Magallona v. Ermita, G.R. No. 187167, August 16, 2011

Doctrine:

The Archipelagic Doctrine and the nature of acquiring and losing territory is
propagated in this case.

Facts:

Congress passed RA 3046 which demarcated the baselines of the Philippines


as an archipelagic state. This law would later be amended by RA 9522 which aims
to comply with UNCLOS III as the same was signed by the Philippines. In view of
this, RA 9522 shortened the baseline, optimized the location of some basepoints
around the Philippine archipelago and classified adjacent territories, namely the
KIG and the Scarborough shoal as regimes of islands whose islands generate their
own applicable maritime zones. Petitioners argue that: (1) RA 9522 violates the
Constitution as it reduced the Philippine maritime territory and the reach of the
Philippine state’s sovereign power; (2) RA 9522 opens the country’s waters
landward of the baselines to maritime passages by all vessels and aircrafts,
undermining Philippine sovereignty and national security, contravening the
country’s nuclear-free policy, and damaging marine resources, in violation of
relevant constitutional provisions.

Issue:

Whether or not RA 9522 is unconstitutional.

Held:
No. UNCLOS III has nothing to do with the acquisition or loss of territory.
It is a multilateral treaty regulating sea-use right over maritime zones, exclusive
economic zone, and continental shelves that UNCLOS III delimits. RA 9522 marks
out specific basepoints along their coasts from which baselines are drawn as
geographic starting points to measure the breadth of maritime zones and
continental shelf. This is because Article 48 of UNCLOS III states that the breadth
of the territorial sea, contiguous zone, the EEZ, and the continental shelf shall be
measured from archipelagic baselines.

RA 9522 therefore, only defines the scope of the maritime space and
submarine areas where the state may exercise treaty-based rights as:

1. Exercise of sovereignty over territorial waters.
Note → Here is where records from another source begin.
// Names that only the installer writes, and at which nothing is left after an unpack.
ghost use Rattle.std.specs.Prelude.{◌≡◌, ◌++◌, ◌∷◌, [], List, IfOk, OnOk};
ghost use Rattle.std.specs.BTreeSet.{contains_text};
ghost use Rattle.std.specs.Option.{option_copied};
ghost use Rattle.file_check.specs.Ships.{is_conffile};
ghost use Rattle.package_files.specs.Files.{Each};
ghost use Rattle.package_files.specs.Names.{IsNamed};
ghost use Rattle.host_core.specs.Paths.{Path};
ghost use Rattle.listed_files.specs.Concluding.{AreElsewhere};
ghost use Rattle.unpack_plan.specs.Names.{backups, cleared_names, cut_names, gone_name, left_names, was_cut};

use crate::conffile_paths::known_conffiles;
use crate::texts_of::texts_of;
use diversions::Diversions;
use file_removal::Leaving;
use host_core::{RootPath, ShipPath, Suffix};
use list_changes::clearable_name;
use package_files::Work;
use status_records::{Record, State};
use std::alloc::{AllocError, Global};
use std::collections::BTreeSet;
use texts::Text;

// Where what stood at the places of works is kept meanwhile.
fn backups(alloc: Global, works: &[Work]) -> Result<Vec<RootPath>, AllocError>
    ensures { IfOk result (λ names. names.items ≡ backups works.now) }
{
    let mut names = Vec::new(alloc);
    for work in works {
        names.push(work.backup.copy()?)?;
    }
    Ok(names)
}

// Where a package's own conffile waited to be settled.
fn waiting_name(
    diversions: &Diversions,
    name: &Text,
    path: &ShipPath,
) -> Result<RootPath, AllocError>
    ensures name { IfOk result (λ q. q
        ≡ Rattle.unpack_plan.specs.Names.waiting_name diversions.now.ways name.now path.now) }
    ensures elsewhere { IfOk result (λ q. AreElsewhere (q ∷ [])) }
{
    let place = diversions.ship_place(name, path)?;
    place.law();
    let beside = place.beside(Suffix::New)?;
    Ok(beside)
}

// Adds that of each path which isn't in the set.
fn add_left(
    diversions: &Diversions,
    name: &Text,
    conffiles: &BTreeSet<String>,
    paths: &[ShipPath],
    names: &mut Vec<RootPath>,
) -> Result<(), AllocError>
    requires { AreElsewhere names.old.items }
    ensures names { OnOk result
        ((of : List Path)
        → ((q : Path) → contains_text conffiles.now q ≡ is_conffile of q)
        → names.new.items
        ≡ names.old.items ++ left_names diversions.now.ways name.now of paths.now) }
    ensures elsewhere { OnOk result (AreElsewhere names.new.items) }
{
    for path in paths {
        if conffiles.contains(path.as_str()) {
            continue;
        }
        names.push(waiting_name(diversions, name, path)?)?;
    }
    Ok(())
}

// Whether a unit of the package was cut behind its first file, which marks it so.
fn was_cut(found: Option<&Record>) -> bool
    ensures { result ≡ was_cut (option_copied found.entry) }
{
    let Some(found) = found else {
        return false;
    };
    match found.state {
        State::HalfInstalled => true,
        State::NotInstalled
        | State::ConfigFiles
        | State::Unpacked
        | State::HalfConfigured
        | State::Installed => false,
    }
}

// Adds where a conffile waited beside the place of an old path, if that goes.
fn add_gone(alloc: Global, path: &Leaving, names: &mut Vec<RootPath>) -> Result<(), AllocError>
    ensures { OnOk result (names.new.items ≡ names.old.items ++ gone_name path.now) }
{
    if !path.goes {
        return Ok(());
    }
    if let Some(name) = clearable_name(alloc, path.place.as_str(), Suffix::New.text())? {
        names.push(name)?;
    }
    Ok(())
}

// Adds that of each old path, behind a unit that was cut.
fn add_cut(
    alloc: Global,
    found: Option<&Record>,
    leaving: &[Leaving],
    names: &mut Vec<RootPath>,
) -> Result<(), AllocError>
    ensures { OnOk result
        (names.new.items ≡ names.old.items ++ cut_names (option_copied found.entry) leaving.now) }
{
    if !was_cut(found) {
        return Ok(());
    }
    for path in leaving {
        add_gone(alloc, path, names)?;
    }
    Ok(())
}

/// The backup of each work, the waiting names of conffiles that aren't shipped as conffiles any more,
/// and those that a cut unit left beside old paths that go.
pub(crate) fn cleared_names(
    alloc: Global,
    diversions: &Diversions,
    name: &Text,
    found: Option<&Record>,
    conffiles: &[ShipPath],
    works: &[Work],
    leaving: &[Leaving],
) -> Result<Vec<RootPath>, AllocError>
    requires { Each IsNamed works.now }
    ensures names { IfOk result (λ names. names.items
        ≡ cleared_names diversions.now.ways name.now (option_copied found.entry) conffiles.now
        works.now leaving.now) }
    ensures elsewhere { IfOk result (λ names. AreElsewhere names.items) }
{
    let set = texts_of(alloc, conffiles)?;
    let known = known_conffiles(alloc, found)?;
    let mut names = backups(alloc, works)?;
    add_left(diversions, name, &set, known.as_slice(), &mut names)?;
    add_cut(alloc, found, leaving, &mut names)?;
    Ok(names)
}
2. Jurisdiction to enforce customs, fiscal, immigration, and sanitation
laws in the contiguous zone.
3. The right to exploit the living and non-living resources in the EEZ
and continental shelf.

UNCLOS III and its ancillary baselines laws play no vital role in the acquisition,
enlargement, or diminution of territory as under traditional international law as it is
only acquired through:

1. Occupation
2. Accretion
3. Cession
4. Prescription

Territorial claims to land features are outside UNCLOS III and are instead
governed by the rules on general international law.